We decided to tackle redaction for log files as well as for SQL queries. Even though we observed little information leakage from log files, we decided that it would be better to be safe than sorry and apply redaction to all of them. We also wanted to protect against future log messages and code paths that we didn’t exercise. We therefore implemented “log redaction” code that plugs itself into the logging subsystem used by every component of Hadoop. This “log4j redactor” will inspect every log message as it’s generated, redact it, and pass it on to the normal logging stream.

The other component of this effort was to redact SQL queries at their source, which required work in Hive, Impala, and Hue (the open source GUI for Hadoop components). In both Hive and Impala, as soon as the query is entered it is split into two: the original copy that’s used to actually run the query, and a redacted copy of the query that’s shown to anything external. In Hue, queries are redacted as they are saved.

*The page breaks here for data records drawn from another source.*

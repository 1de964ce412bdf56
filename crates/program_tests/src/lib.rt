//! Tests of the call that does a line, and of what no line of the built program comes to: refusals that no store or guest brings about, clocks
//! and streams that are made up, and a want of memory. They stand apart from its crates, so that these are proved without them.
//!
//! # What they show
//!
//! - The program: the texts of its refusals; what guests get from clocks and streams that fail; what verifying and a cursor leave where no
//!   memory is found; which record is named where one isn't given, and which of spans is the first bad one; and what is reported if the
//!   Mark doesn't fit into a full store. The line of no words, a refusal and a bad line are done by `run`; all others are tried by
//!   `cases.lines` and `cases.scenes`.
#![tactic(auto)]

#[cfg(test)]
mod tests;
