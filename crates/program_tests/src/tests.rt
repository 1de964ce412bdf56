//! Texts of refusals, what guests get from the host, what is found where memory or a record is wanting, and of spans.

use std::fmt::{Debug, Display};
use std::process::Abort;
use std::test::Fail;

mod from_host;
mod given;
mod in_spans;
mod line;
mod marking;
mod memory;
mod refusals;

/// Ends the test where something else is found than wanted. An assertion costs its proof wherever it stands; this one stands once.
fn same<T: PartialEq + Debug + Drop>(rt: &impl Abort, what: &impl Debug, found: T, want: T) {
    assert_eq!(rt; found, want, "{what:?}");
}

/// Ends the test where something is shown by another text.
fn shows<R: Abort + AllocGlobal, T: Display>(rt: &R, shown: &T, want: &str) -> Result<(), Fail> {
    let text = format!(in rt.alloc(); "{shown}")?;
    same(rt, &want, text.as_str(), want);
    Ok(())
}
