//! The globals and functions of a program, by name.
ghost use Rattle.std.specs.Prelude.{◌≡◌, IfOk};
ghost use Rattle.std.specs.Option.{option_copied};
ghost use Rattle.oss_grammar.specs.Scopes.{item_name, item_named, item_place, function_named, is_again, meaning, global_meaning};

use crate::scope::Scope;
use crate::table::NameTable;
use oss_grammar::Named;
use oss_syntax::{Function, GlobalDef, Item, Name};
use std::alloc::{AllocError, Global};
use std::marker::Model;

/// The globals and functions of a program: contracts see its items.
#[derive(Drop)]
pub struct Globals<'p> {
    items: &'p [Item],
    names: NameTable<'p>,
}

impl<'p> Model for Globals<'p> {
    ghost use Rattle.std.specs.Prelude.{◌≡◌, List, map};
    ghost use Rattle.oss_syntax.specs.declared.tree.program.Item.{Item};
    ghost use Rattle.oss_grammar.specs.Scopes.{item_name};
    ghost use Rattle.std.specs.Coded.{coded_list};
    ghost use Rattle.oss_syntax.specs.contracts.tree.program.Item as item;

    ghost Value = { List Item };

    ghost coded = { coded_list item.the_row.coded };

    ghost view = { λ g. g.items.now };

    ghost invariant = { λ g. g.names ≡ map item_name g.items.now };
}

impl<'p> Globals<'p> {
    /// The globals and functions of these items. Want of memory is the one error.
    pub fn of(alloc: Global, items: &'p [Item]) -> Result<Globals<'p>, AllocError>
        ensures { IfOk result (λ globals. globals ≡ items.now) }
    {
        let mut names = NameTable::new(alloc);
        for item in items {
            names.add(name_of(item).as_slice())?;
        }
        Ok(Globals { items, names })
    }

    /// The place of the first item of this name.
    fn place(&self, name: &[u8]) -> Option<usize>
        ensures { result ≡ item_place self.now name.now }
    {
        self.names.place(name)
    }

    /// The first item of this name; `None` where there is none.
    fn find(&self, name: &[u8]) -> Option<&'p Item>
        ensures { option_copied result ≡ item_named self.now name.now }
    {
        match self.place(name) {
            Some(place) => self.items.get(place),
            None => None,
        }
    }

    /// The function of this name; `None` where the first item of this name is none.
    pub fn function(&self, name: &[u8]) -> Option<&'p Function>
        ensures { option_copied result ≡ function_named self.now name.now }
    {
        match self.find(name) {
            Some(Item::Function(function)) => Some(function),
            Some(Item::Global(_)) => None,
            None => None,
        }
    }

    /// Whether the item at this place declares its name again.
    pub fn declares_again(&self, place: usize, name: &[u8]) -> bool
        ensures { result ≡ is_again self.now place name.now }
    {
        match self.place(name) {
            Some(first) => first != place,
            None => true,
        }
    }

    /// What a name stands for where these locals are in scope.
    pub fn named(&self, locals: &Scope<'_, '_>, name: &[u8]) -> Named
        ensures { result ≡ meaning self.now locals.now name.now }
    {
        match locals.kind(name) {
            Some(kind) => Named::Local(kind),
            None => match self.find(name) {
                Some(Item::Global(global)) => named_global(global),
                Some(Item::Function(_)) => Named::Function,
                None => Named::Missing,
            },
        }
    }
}

/// What the name of a global stands for, which its cells and columns tell.
fn named_global(global: &GlobalDef) -> Named
    ensures { result ≡ global_meaning global.now.cells global.now.columns global.now.kind }
{
    match (global.cells, global.columns) {
        (None, _) => Named::Scalar(global.kind),
        (Some(_), None) => Named::Array(global.kind),
        (Some(_), Some(_)) => Named::Grid(global.kind),
    }
}

/// The name of a global or function.
pub(crate) fn name_of(item: &Item) -> &Name
    ensures { result.now ≡ item_name item.now }
{
    match item {
        Item::Global(global) => &global.name,
        Item::Function(function) => &function.name,
    }
}
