//! The two words of an entry, taken apart, and the places at which an entry may be linked.

use oss_syntax::Mode;

/// The state word of an entry, taken apart: its flags, and its two links with what they say of the entries that
/// they lead to.
#[derive(Clone, Copy)]
pub struct EntryState {
    /// Nothing earlier stands in the way of a read.
    pub reads: bool,
    /// Nothing earlier stands in the way of the join of the reduction that it is.
    pub folds: bool,
    /// Nothing earlier stands in the way of a write.
    pub writes: bool,
    /// The task has given up the cell.
    pub given: bool,
    /// The task has given up the cell, and each access of its children to it is done.
    pub done: bool,
    /// The access of every earlier sibling is done.
    pub clear: bool,
    /// The link to the next entry is set.
    pub linked: bool,
    /// The link to the first child is set.
    pub headed: bool,
    /// A value to be joined stands beside the word. Only a table that has such values sets it.
    pub left: bool,
    /// The next link leads to a sibling that is a reduction.
    pub next_folds: bool,
    /// The next link leads to a sibling that is the same reduction as this entry.
    pub next_same: bool,
    /// The first child is a reduction.
    pub child_folds: bool,
    /// The first child is the same reduction as this entry.
    pub child_same: bool,
    /// The entry of the next sibling, or of the parent where no sibling comes any more. Below 16,777,216.
    pub next: u32,
    /// The entry of the first child. Below 16,777,216.
    pub child: u32,
}

/// What the info word of an entry says. It is written once, before the entry is linked.
#[derive(Clone, Copy)]
pub struct EntryInfo {
    /// How the task accesses the cell.
    pub mode: Mode,
    /// The task itself may touch the cell, and not only its children.
    pub strong: bool,
    /// How many tasks the task lies below: 1 for a child of main. At most 127.
    pub depth: u8,
    /// The entry of the access above, and 0 for main. Below 16,777,216.
    pub parent: u32,
    /// The number of the task in the table. Below 16,777,216.
    pub task: u32,
}

/// Where an entry is linked.
#[derive(Clone, Copy)]
pub enum After {
    /// As the first child of this entry.
    FirstOf(u32),
    /// As the first of a list of main's children.
    FirstOfMain,
    /// Behind this sibling.
    Sibling(u32),
}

Finally, Cloudera Manager makes this all easy to configure. The administrator is able to specify a set of rules for redaction in one place, click a button, and have the redaction rules take effect on everything throughout the cluster.

Configuring Redaction

Let’s see how this works in practice. In Cloudera Manager there are two new parameters in HDFS, one to enable redaction and one to specify what to redact. Let’s say that I want to redact credit-card numbers. But because credit-card numbers are also a boring demo, let’s also say that I just read a Harry Potter book and would feel more comfortable if the name “Voldemort” were replaced by “He Who Shall Not Be Named.”

Redaction is an HDFS parameter that is applied to the whole cluster. The easiest way to find it is to simply search for ‘redact’ on the HDFS Configuration page:

Here there is no “Log and Query Redaction Policy” defined yet, and I’ve clicked on the + sign to add one. There are four presets in the UI, and it’s easy to create custom rules from scratch. For the credit-card numbers, I’ll select the first entry, “Credit Card numbers (with separator)”.

This action creates the first rule.

The “Description” is useful for record keeping and to remember what a rule is for, but has no impact on the actual redaction itself.
The “Trigger” field, if specified, limits the cases in which the “Search” field is applied. It’s a simple string match (not a regular expression), and if that string appears in the data to redact the “Search” regular expression is applied. This is a performance optimization: string matching is much faster than regular expressions.
The most important parameter is the “Search” field. It’s a regular expression that describes the thing to redact. The search parameter shown here is complicated and matches four digits, a separator, and so on that describes a credit card.
The final field, “Replace,” is what to put in the place of the text matched by “Search.”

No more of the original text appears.